The banks were also needed to facilitate the direct, fraudulent transfers of funds and execute interbank transactions which would result in new investor funds being returned directly back to other investors through another Bahamian entity to perpetuate the Ponzi Scheme, according to the document.
The success of a Ponzi Scheme depends on the recruitment of additional investors into the scheme. Eventually, the scheme could fail because there is usually a limited number of such investors who can be brought into the scheme. Once new investors stop coming in, the scheme collapses, because monies from new investors would no longer be available to pay off old investors.
The suit also claims that Suzanne Black and Hywell Jones through a company called "Executive Advisors," business associates of Leadenhall and AXXESS INTERNATIONAL, assisted Gause, Homa and Denson and other C4T US marketers working with Denson in establishing a variety of Bahamian companies to operate in the scheme.
The Securities and Exchange Commission in October 1999 started the process of scrutinizing the marketers in the "Ponzi Scheme" by launching a civil securities fraud action against them.
While his bank is being accused in the alleged fraud, William Jennings, managing director of Leadenhall Bank said Friday that, "It's a totally spurious claim by Stenger as a liquidator."
"There is no jurisdiction here," said Mr. Jennings, who added that he was not at all worried by the suit.
He pointed out that Leadenhall and AXXESS legally provided credit cards, but had nothing to do with the marketing initiatives.

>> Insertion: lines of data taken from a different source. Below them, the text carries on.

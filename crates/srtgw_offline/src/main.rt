//! `srtgw_offline`: the gateway's program without sockets. It has the command line of `srtgw`, does `check`, `replay`
//! and `explain`, and reports of the other commands that `srtgw` does them.
//!
//! It uses few crates, so that it is proved and built in a third of the time of the whole program.
//!
//! Calls: `main` takes the words, and `obey_task` does their task by `srt_offline`. docs/OPERATING.md has the commands,
//! docs/PROTOCOL.md each line of output and each status.
#![tactic(auto)]

ghost use Rattle.std.specs.Prelude.{◌≡◌};
ghost use Rattle.std.specs.Process.{exit_status};

use srt_command_line::{CommandLine, Task, WordsFault, read_words, words_given};
use srt_offline::{OfflineFault, check_file, explain_file, replay_file, status_of};
use std::process::ExitCode;
use std::rt::{Env, Files};

/// Says on standard error that this program doesn't do this command, and returns the status 1.
fn leave(rt: &impl Eprint, command: &str) -> ExitCode
    ensures { exit_status result ≡ 1 }
{
    let _ = eprintln!(rt;
        "srtgw: {command}: this is srtgw_offline, which has no sockets; the whole program, srtgw, does it"
    );
    ExitCode::FAILURE
}

/// Does a task, and returns the exit status.
fn obey_task<R>(rt: &R, task: Task<'_>) -> ExitCode
where
    R: Print + Eprint + Files + AllocGlobal,
{
    match task {
        Task::Check {
            tries_addresses: true,
            ..
        } => leave(rt, "check --addresses"),
        Task::Check {
            config,
            explains,
            ..
        } => status_of(rt, check_file(rt, config, explains)),
        Task::Replay { config, tape } => status_of(rt, replay_file(rt, config, tape)),
        Task::Explain { tape, output } => status_of(rt, explain_file(rt, tape, output)),
        Task::Serve { .. } => leave(rt, "serve"),
        Task::Run { .. } => leave(rt, "run"),
    }
}

/// Does the task of these words. A text for whoever called is printed, and its status returned.
fn obey<R>(rt: &R, words: &[String]) -> Result<ExitCode, WordsFault>
where
    R: Print + Eprint + Files + AllocGlobal,
{
    match read_words(rt, words)? {
        CommandLine::Task(task) => Ok(obey_task(rt, task)),
        CommandLine::Reported(status) => Ok(ExitCode::from(status)),
    }
}

/// Does the task of the command line. Words that aren't UTF-8 give status 2, as a wrong command line does.
fn obey_words<R>(rt: &R) -> Result<ExitCode, WordsFault>
where
    R: Env + Print + Eprint + Files + AllocGlobal,
{
    match words_given(rt)? {
        Some(words) => obey(rt, words.as_slice()),
        None => Ok(ExitCode::from(2)),
    }
}

fn main(rt: HostRuntime) -> ExitCode {
    match obey_words(&rt) {
        Ok(status) => status,
        Err(fault) => status_of(&rt, Err(OfflineFault::of_words(fault))),
    }
}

"As I understand it, there was fraud," Mr. Jennings said. "But the fraud was not undertaken by the card [distributors]. AXXESS provided credit cards as they do to thousands of people...I'm not at all worried. You get these things all the time."

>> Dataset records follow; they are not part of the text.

//! Texts in numbered slots.
ghost use Rattle.std.specs.Prelude.{◌≡◌, ◌≤◌, ◌<◌, ◌+◌, ◌++◌, ◌∷◌, [], length, IfErr, OnOk, OnErr, IsOk, MatchOption};
ghost use Rattle.std.specs.Prelude.{All};
ghost use Rattle.tendril_run.specs.Cells.{cell_of, IsCell, cell_at};
ghost use Rattle.tendril_run.specs.Steps.{Step};

mod chain;
mod commands;

use crate::classifier::Classifier;
use crate::slot::Slot;
pub use chain::run;
use std::alloc::Global;
use std::marker::Model;
use tendril_lines::{Command, Reply};
use tendril_text::Atomicity;
use tendril_text::block::Refusal;

/// Slots, numbered from 0, each with a text or `Gone`.
#[derive(Drop)]
pub struct Table<A: Atomicity> {
    slots: Vec<Slot<A>>,
    alloc: Global,
}

impl<A: Atomicity> Model for Table<A> {
    ghost use Rattle.std.specs.Prelude.{◌-◌, All, map, vec_len, vec_capacity};
    ghost use Rattle.tendril_run.specs.Cells.{Board, cell_of, IsCell};

    ghost Value = { Board };

    ghost view = { λ t. record { cells = map cell_of t.slots.items; room = vec_capacity t.slots - vec_len t.slots } };

    ghost invariant = { λ t. All IsCell (map cell_of t.slots.items) };
}

impl<A: Atomicity> Table<A> {
    /// Creates a table without slots. Allocates nothing.
    pub fn new(alloc: Global) -> Self
        ensures { result.cells ≡ [] }
    {
        Table {
            slots: Vec::new(alloc),
            alloc,
        }
    }

    /// Appends a slot, in amortized constant time. The only error is Memory, returned with the slot.
    pub fn push(&mut self, slot: Slot<A>) -> Result<(), (Refusal, Slot<A>)>
        ensures ok { OnOk result (self.new.cells ≡ self.old.cells ++ cell_of slot ∷ []) }
        ensures err { OnErr result (self.new.cells ≡ self.old.cells) }
        ensures refusal { IfErr result (λ e. e.0 ≡ Refusal.Memory) }
        ensures back { IfErr result (λ e. e.1 ≡ slot) }

        // With spare capacity the push succeeds.
        ensures room { self.old.room ≤ self.new.room + 1 }
        ensures succeeds { 1 ≤ self.old.room → IsOk result }
    {
        // The slot may come from any code: reading it gives the prover that its text is valid.
        slot.read();
        match self.slots.push(slot) {
            Ok(()) => Ok(()),
            Err(failed) => Err((Refusal::Memory, failed.value)),
        }
    }

    /// Returns the number of slots, those that are `Gone` too.
    pub fn len(&self) -> usize
        ensures count { result ≡ length self.now.cells }
        ensures valid { All IsCell self.now.cells }
    {
        self.slots.len()
    }

    /// Returns the slot with this number, or None past the end.
    pub fn slot(&self, index: usize) -> Option<&Slot<A>>
        ensures { MatchOption result (length self.now.cells ≤ index)
            (λ s. (index < length self.now.cells) × (cell_of s.now ≡ cell_at self.now.cells index)) }
    {
        self.slots.get(index)
    }

    /// Returns how many more slots the table has capacity for.
    pub fn room(&self) -> usize
        ensures { result ≡ self.now.room }
    {
        self.slots.capacity() - self.slots.len()
    }

    /// Reserves capacity for `more` slots. The only error is Memory.
    pub fn reserve_slots(&mut self, more: usize) -> Result<(), Refusal>
        ensures ok { OnOk result (more ≤ self.new.room) }
        ensures cells { self.new.cells ≡ self.old.cells }
        ensures room { self.old.room ≤ self.new.room }
        ensures refusal { IfErr result (λ r. r ≡ Refusal.Memory) }
        ensures err { OnErr result (self.new.room ≡ self.old.room) }
    {
        self.slots.reserve(more)?;
        Ok(())
    }

    /// Carries out one command and returns its reply. The table must have capacity for one more slot.
    pub fn step<C: Classifier>(&mut self, command: &Command, classifier: &C) -> Reply
        requires { 1 ≤ self.old.room }
        ensures step { Step (C.class classifier.now) self.old.cells command.now result self.new.cells }
        ensures room { self.old.room ≤ self.new.room + 1 }
    {
        match self.carry_out(command, classifier) {
            Ok(reply) => reply,
            Err(refusal) => Reply::Refused(refusal),
        }
    }
}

Mr. Silver said the case is not expected to be heard in Illinois for another year.
This case comes as the Bahamas continues the process of repairing its reputation that took a blow after the Financial Action Task Force said the country was not doing enough to fight money laundering.
In response to such claims, the Bahamas passed a package of financial legislation to tighten up financial services practices.